::: Data provided :::
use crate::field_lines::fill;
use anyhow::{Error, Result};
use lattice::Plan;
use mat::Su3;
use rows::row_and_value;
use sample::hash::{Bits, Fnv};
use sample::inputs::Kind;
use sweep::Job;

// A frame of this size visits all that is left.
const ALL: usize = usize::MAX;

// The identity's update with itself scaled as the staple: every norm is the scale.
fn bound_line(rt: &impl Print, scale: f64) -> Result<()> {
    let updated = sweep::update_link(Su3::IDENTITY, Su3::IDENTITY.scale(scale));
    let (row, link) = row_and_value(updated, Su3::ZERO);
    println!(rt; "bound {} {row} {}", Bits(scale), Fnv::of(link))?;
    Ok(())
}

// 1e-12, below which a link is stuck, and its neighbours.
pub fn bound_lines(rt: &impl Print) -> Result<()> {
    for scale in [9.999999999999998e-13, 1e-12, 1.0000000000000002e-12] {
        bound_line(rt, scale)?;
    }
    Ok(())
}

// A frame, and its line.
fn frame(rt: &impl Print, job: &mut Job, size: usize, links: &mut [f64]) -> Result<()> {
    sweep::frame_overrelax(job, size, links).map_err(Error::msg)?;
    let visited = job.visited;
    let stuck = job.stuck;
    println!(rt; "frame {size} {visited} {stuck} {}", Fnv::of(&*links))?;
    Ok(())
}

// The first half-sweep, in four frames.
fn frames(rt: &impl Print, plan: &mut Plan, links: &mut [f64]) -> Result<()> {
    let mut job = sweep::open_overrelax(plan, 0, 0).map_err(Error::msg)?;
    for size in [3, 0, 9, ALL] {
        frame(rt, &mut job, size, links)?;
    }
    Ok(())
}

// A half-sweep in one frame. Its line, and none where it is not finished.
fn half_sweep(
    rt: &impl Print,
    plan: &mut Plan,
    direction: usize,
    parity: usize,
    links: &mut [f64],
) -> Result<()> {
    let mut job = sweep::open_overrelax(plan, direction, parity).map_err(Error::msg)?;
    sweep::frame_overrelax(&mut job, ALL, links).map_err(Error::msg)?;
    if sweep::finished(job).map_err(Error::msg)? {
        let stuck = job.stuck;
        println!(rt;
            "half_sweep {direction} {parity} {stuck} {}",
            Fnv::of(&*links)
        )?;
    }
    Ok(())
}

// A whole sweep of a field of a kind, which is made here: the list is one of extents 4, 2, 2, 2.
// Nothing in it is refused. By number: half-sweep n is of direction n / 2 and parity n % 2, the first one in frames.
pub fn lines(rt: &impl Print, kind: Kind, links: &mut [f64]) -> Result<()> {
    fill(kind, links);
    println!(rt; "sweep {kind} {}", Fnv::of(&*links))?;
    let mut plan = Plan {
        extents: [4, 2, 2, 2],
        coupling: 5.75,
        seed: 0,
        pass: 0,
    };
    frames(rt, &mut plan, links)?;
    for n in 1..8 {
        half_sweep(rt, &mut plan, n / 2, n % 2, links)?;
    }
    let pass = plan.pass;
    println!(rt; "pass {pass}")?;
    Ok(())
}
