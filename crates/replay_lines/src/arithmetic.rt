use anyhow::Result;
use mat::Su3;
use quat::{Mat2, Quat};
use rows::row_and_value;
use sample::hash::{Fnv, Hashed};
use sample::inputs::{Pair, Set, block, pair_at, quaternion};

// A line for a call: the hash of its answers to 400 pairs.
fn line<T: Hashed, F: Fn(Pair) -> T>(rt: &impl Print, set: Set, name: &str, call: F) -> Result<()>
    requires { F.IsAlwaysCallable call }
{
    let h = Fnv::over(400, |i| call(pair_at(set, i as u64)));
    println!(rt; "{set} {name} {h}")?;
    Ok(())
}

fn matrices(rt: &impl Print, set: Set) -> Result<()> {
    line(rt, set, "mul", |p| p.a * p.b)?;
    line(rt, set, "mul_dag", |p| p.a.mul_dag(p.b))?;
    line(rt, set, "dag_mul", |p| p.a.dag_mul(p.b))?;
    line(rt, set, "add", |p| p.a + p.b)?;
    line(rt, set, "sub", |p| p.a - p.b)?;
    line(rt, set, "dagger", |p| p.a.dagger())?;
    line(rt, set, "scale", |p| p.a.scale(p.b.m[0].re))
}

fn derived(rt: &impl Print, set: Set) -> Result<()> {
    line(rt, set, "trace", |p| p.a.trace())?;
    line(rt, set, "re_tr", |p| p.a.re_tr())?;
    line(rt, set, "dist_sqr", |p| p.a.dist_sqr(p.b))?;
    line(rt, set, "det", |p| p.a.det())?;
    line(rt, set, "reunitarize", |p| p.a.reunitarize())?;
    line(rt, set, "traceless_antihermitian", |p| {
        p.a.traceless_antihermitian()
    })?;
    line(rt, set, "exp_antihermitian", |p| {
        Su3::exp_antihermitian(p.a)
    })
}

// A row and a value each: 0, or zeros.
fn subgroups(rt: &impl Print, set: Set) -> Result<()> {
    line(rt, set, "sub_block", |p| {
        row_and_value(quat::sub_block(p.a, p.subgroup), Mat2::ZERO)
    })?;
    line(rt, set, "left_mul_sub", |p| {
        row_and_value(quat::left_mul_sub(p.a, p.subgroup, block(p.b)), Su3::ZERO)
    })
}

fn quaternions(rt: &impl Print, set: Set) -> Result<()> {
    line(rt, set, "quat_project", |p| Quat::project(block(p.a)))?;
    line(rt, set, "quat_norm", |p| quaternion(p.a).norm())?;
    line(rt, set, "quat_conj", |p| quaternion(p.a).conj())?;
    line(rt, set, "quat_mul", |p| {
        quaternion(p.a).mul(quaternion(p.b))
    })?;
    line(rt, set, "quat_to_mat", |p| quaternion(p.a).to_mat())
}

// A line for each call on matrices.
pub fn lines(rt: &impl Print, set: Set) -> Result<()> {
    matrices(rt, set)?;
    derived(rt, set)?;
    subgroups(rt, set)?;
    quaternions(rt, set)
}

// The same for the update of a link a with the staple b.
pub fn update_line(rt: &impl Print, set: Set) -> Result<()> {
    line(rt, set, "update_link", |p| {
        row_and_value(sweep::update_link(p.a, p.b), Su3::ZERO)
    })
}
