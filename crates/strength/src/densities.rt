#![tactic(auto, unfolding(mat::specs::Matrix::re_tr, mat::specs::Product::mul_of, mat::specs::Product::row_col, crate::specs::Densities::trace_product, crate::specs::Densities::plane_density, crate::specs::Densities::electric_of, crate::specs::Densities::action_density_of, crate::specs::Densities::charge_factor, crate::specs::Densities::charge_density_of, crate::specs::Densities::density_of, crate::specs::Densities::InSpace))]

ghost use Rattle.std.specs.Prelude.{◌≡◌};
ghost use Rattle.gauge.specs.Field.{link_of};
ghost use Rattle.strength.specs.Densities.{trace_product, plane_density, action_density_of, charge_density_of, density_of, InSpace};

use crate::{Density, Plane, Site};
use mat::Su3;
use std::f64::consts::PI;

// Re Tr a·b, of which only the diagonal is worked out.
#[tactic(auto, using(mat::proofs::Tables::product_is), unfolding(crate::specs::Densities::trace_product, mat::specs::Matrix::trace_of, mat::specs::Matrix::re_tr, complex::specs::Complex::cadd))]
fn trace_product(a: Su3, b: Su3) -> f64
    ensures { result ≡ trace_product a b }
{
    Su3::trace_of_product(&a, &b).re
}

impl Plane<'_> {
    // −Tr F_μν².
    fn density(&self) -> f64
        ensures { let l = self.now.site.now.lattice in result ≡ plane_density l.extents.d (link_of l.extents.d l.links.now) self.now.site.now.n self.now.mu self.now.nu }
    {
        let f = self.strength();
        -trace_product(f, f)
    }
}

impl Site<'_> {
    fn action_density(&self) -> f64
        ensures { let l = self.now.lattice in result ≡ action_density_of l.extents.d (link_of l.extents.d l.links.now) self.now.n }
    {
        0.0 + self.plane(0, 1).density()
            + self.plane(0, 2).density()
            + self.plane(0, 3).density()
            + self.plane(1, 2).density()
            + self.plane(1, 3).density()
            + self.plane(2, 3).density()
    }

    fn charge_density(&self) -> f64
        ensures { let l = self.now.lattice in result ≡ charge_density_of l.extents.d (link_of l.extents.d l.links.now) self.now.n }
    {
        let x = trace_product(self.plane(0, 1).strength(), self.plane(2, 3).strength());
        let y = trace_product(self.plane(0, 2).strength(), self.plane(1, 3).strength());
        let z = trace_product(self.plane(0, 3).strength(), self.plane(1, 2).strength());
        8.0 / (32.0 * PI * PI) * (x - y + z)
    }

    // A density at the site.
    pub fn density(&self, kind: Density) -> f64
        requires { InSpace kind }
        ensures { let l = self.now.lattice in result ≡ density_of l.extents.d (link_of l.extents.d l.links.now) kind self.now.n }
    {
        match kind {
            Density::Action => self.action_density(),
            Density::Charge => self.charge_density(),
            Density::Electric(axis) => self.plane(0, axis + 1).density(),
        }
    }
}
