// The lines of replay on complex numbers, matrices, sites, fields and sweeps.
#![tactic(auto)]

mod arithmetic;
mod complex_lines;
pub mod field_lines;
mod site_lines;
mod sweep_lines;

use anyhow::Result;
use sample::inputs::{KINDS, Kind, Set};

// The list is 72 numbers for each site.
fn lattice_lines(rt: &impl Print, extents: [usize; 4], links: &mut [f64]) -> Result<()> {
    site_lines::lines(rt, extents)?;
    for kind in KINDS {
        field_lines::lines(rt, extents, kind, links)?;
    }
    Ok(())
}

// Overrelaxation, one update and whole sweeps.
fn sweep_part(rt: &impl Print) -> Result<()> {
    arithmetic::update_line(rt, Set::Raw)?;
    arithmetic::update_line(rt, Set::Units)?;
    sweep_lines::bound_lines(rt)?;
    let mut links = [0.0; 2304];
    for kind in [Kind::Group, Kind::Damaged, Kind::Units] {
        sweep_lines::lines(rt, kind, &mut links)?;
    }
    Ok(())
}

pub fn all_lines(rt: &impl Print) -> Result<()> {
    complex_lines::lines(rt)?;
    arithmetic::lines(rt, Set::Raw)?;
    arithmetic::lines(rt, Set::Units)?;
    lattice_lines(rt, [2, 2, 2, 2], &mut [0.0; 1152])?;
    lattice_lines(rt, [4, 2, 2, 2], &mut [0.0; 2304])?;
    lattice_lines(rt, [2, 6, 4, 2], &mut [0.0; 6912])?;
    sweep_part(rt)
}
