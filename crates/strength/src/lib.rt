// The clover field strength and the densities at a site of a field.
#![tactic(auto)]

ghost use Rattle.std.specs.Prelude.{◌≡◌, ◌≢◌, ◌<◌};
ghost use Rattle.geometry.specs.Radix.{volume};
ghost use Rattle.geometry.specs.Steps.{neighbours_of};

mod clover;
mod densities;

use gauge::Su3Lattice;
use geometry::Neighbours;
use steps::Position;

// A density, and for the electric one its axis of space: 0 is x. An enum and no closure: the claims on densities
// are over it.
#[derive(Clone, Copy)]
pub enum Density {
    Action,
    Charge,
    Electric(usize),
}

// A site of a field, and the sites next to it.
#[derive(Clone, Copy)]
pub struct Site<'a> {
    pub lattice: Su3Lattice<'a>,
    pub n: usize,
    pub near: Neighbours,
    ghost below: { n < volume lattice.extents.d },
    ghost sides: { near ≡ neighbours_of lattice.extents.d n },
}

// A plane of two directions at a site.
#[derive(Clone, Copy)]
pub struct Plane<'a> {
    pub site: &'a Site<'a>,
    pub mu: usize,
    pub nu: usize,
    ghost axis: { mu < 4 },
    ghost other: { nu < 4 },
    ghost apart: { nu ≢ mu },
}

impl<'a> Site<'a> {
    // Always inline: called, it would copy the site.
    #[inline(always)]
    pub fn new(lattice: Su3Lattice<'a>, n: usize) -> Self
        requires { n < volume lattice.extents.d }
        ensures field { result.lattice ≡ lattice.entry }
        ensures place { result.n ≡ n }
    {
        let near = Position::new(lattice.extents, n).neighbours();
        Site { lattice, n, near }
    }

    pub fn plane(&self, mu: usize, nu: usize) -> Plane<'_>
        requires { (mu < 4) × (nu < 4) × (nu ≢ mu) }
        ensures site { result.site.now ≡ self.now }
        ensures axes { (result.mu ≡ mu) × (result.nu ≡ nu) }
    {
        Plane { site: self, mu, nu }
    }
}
:::
Return, please, the lines of the data from the first through the line containing "const ALL: usize = usize::MAX;", both kept, exactly as they stand and nothing more.

**Result:**
use crate::field_lines::fill;
use anyhow::{Error, Result};
use lattice::Plan;
use mat::Su3;
use rows::row_and_value;
use sample::hash::{Bits, Fnv};
use sample::inputs::Kind;
use sweep::Job;

// A frame of this size visits all that is left.
const ALL: usize = usize::MAX;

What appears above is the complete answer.